Resulta tentador pensar en esto como una especie de «momento bombilla» global, aunque sería forzar un poco el tema. La mayoría de avances incluyeron periodos larguísimos de prueba, error y ajustes, que se prolongaron a menudo durante miles de años. La agricultura empezó hace 11.500 años en el Levante mediterráneo, pero hace ocho mil años en China y hace solo poco más de cinco mil años en la mayor parte de América. La gente llevaba ya cuatro mil años viviendo con animales domésticos antes de que a alguien se le ocurriera poner a trabajar a los más grandes tirando de arados; los occidentales utilizaron durante dos mil años un arado pesado, difícil de manejar, con una hoja recta extremadamente ineficiente antes de que alguien introdujera los arados curvos más sencillos que los chinos empleaban desde tiempos inmemoriales. Los mesopotámicos inventaron y utilizaron la rueda, pero sus vecinos egipcios esperaron dos mil años antes de adoptarla. En Centroamérica, los mayas inventaron por su lado la rueda, pero no se les ocurrió ninguna aplicación práctica y la reservaron única y exclusivamente para juguetes infantiles. Los incas no tenían ruedas, ni dinero, ni hierro, ni escritura. El avance del progreso, en resumen, ha sido cualquier cosa excepto predecible y rítmico.
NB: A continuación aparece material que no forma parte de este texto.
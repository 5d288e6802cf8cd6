// Reading of mapping records.
ghost use Rattle.std.specs.Prelude.{◌≡◌, ◌≤◌, ◌<◌, ◌+◌, ◌^◌, length, IfOk};
ghost use Rattle.octets.specs.Refusals.{refusal_of};
ghost use Rattle.octets.specs.Rules.{first_failing};
ghost use Rattle.mapping_records.specs.Eid.{eid_size};
ghost use Rattle.mapping_records.specs.Record.{eid_prefix_rules, record_rules, record_size, InRange, IsEidPrefix, IsRecordAt, RefusesBy};

use crate::locator_reading::read_locators;
use crate::places::refused;
use crate::{Eid, Record, RecordFault, read_eid};
use ip_headers::Prefix;
use octets::{Refused, Why, big_16, big_32};
use std::alloc::Global;

/// The EID prefix that begins with its AFI and has that mask length, and the octets consumed. The
/// mask length stands at `len_place`. Bits past it are cleared, and AFI 0 is refused.
pub fn read_eid_prefix(
    octets: &[u8],
    base: u32,
    len: u8,
    len_place: u32,
) -> Result<(Eid, u32), Refused>
    requires { base + length octets.now < 2 ^ 32 }
    ensures refused { refusal_of result ≡ first_failing (eid_prefix_rules base octets.now len len_place) }
    ensures value { IfOk result (λ read. IsEidPrefix octets.now len read.0) }
    ensures size { IfOk result (λ read. read.1 ≡ eid_size octets.now) }
    ensures inside { IfOk result (λ read. read.1 ≤ length octets.now) }
{
    let (iid, host, size) = read_eid(octets, base)?;
    let Some(addr) = host else {
        return Err(refused(base, Why::Afi));
    };
    let Some(prefix) = Prefix::new(addr, len) else {
        return Err(refused(len_place, Why::MaskLength));
    };
    Ok((Eid { iid, prefix }, size))
}

/// The record at the front of the octets, and the octets consumed. Places count from `base`.
pub fn read_record(alloc: Global, octets: &[u8], base: u32) -> Result<(Record, u32), RecordFault>
    requires { base + length octets.now < 2 ^ 32 }
    ensures refused { RefusesBy (first_failing (record_rules base octets.now)) result }
    ensures value { IfOk result (λ read. IsRecordAt octets.now read.0) }
    ensures size { IfOk result (λ read. read.1 ≡ record_size octets.now) }
    ensures range { IfOk result (λ read. InRange read.0) }
    ensures inside { IfOk result (λ read. read.1 ≤ length octets.now) }
{
    if octets.len() < 10 {
        return Err(RecordFault::Refused(refused(base, Why::Short)));
    }
    let (_, rest) = octets.split_at(10);
    let (eid, eid_size) = read_eid_prefix(rest, base + 10, octets[5], base + 5)?;
    let at = 10 + eid_size;
    let (_, rest) = octets.split_at(at as usize);
    let (locators, size) = read_locators(alloc, octets[4], rest, base + at)?;
    let mapping = Record {
        ttl: big_32(octets, 0),
        action: octets[6] / 32,
        authoritative: octets[6] / 16 % 2 == 1,
        version: big_16(octets, 8) % 4096,
        eid,
        locators,
    };
    Ok((mapping, at + size))
}
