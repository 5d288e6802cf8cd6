// Refusals, and addresses behind their AFI.
ghost use Rattle.std.specs.Prelude.{◌≡◌, ◌≤◌, ◌+◌, length};
ghost use Rattle.octets.specs.declared.refused.Layer.TheVariants.{Message};
ghost use Rattle.mapping_records.specs.Address.{addr_at, addr_size, has_addr};

use ip_headers::Addr;
use octets::{Layer, Refused, Why, big_32, big_128};

/// A refusal at a place of a control message.
pub fn refused(place: u32, why: Why) -> Refused
    ensures { result ≡ record { layer = Message; place = place; why = why } }
{
    Refused {
        layer: Layer::Message,
        place,
        why,
    }
}

/// Whether an address follows the AFI: IPv4 or IPv6.
pub fn has_addr(afi: u16) -> bool
    ensures { result ≡ has_addr afi }
{
    afi == 1 || afi == 2
}

/// The octets of an address of that AFI.
pub fn addr_size(afi: u16) -> usize
    ensures { result ≡ addr_size afi }
{
    if afi == 1 { 4 } else { 16 }
}

/// The address of that AFI at a place.
pub fn addr_at(afi: u16, octets: &[u8], at: usize) -> Addr
    requires { at + addr_size afi ≤ length octets.now }
    ensures { result ≡ addr_at afi octets.now at }
{
    if afi == 1 {
        Addr::V4(big_32(octets, at))
    } else {
        Addr::V6(big_128(octets, at))
    }
}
Durante mucho tiempo se creyó que el hecho de asentarse en un lugar —el sedentarismo, tal y como se conoce— y la agricultura fueron de la mano. Se suponía que la gente abandonó el nomadismo y se pasó a la agricultura para tener garantizado el suministro de alimento. Matar venados en estado salvaje es difícil y arriesgado, y los cazadores debían de volver muchas veces a casa con las manos vacías. Mucho mejor controlar las fuentes alimenticias y tenerlas a mano de forma permanente y conveniente. Pero, de hecho, los investigadores se dieron cuenta muy pronto de que el sedentarismo no era tan simple como eso. Más o menos por la misma época en que Childe excavaba en Skara Brae, una arqueóloga de la Universidad de Cambridge, Dorothy Garrod, que trabajaba en un lugar de Palestina llamado Shuqba, descubrió una antigua cultura a la que puso el nombre de natufiense, en honor a un
wadi
, o lecho seco de un río, que había en las cercanías. Los natufienses construyeron los primeros pueblos y fundaron Jericó, que se convirtió en la primera ciudad de verdad del mundo. Eran gente, por lo tanto, muy asentada. Pero no cultivaban. Un hecho inesperado. Sin embargo, otras excavaciones realizadas en diversos lugares de Oriente Medio demostraron que no era algo excepcional que hubiera pueblos establecidos en comunidades permanentes mucho antes de que se iniciaran en la agricultura, a veces hasta con ocho mil años de antelación.

Así pues, si la gente no se asentaba para dedicarse a la agricultura, ¿por qué se embarcó entonces en esa forma de vida completamente novedosa? No tenemos ni idea o, más bien dicho, tenemos muchas ideas, pero no sabemos si alguna de ellas es la acertada. Según Felipe Fernández-Armesto, existen al menos treinta y ocho teorías para explicar por qué la gente decidió vivir en comunidades: que fueron empujados a ello por el cambio climático, o por el anhelo de permanecer cerca de sus muertos, o por el poderoso deseo de elaborar y beber cerveza, que solo era alcanzable permaneciendo en un mismo lugar. Una teoría, sugerida evidentemente en serio (Jane Jacobs la cita en su importante obra de 1969,
La economía de las ciudades
), es que «lluvias fortuitas» de rayos cósmicos provocaron mutaciones en las hierbas que las convirtieron repentinamente en fuentes de alimento atractivas. La respuesta abreviada es que nadie sabe por qué la agricultura se desarrolló del modo en que lo hizo.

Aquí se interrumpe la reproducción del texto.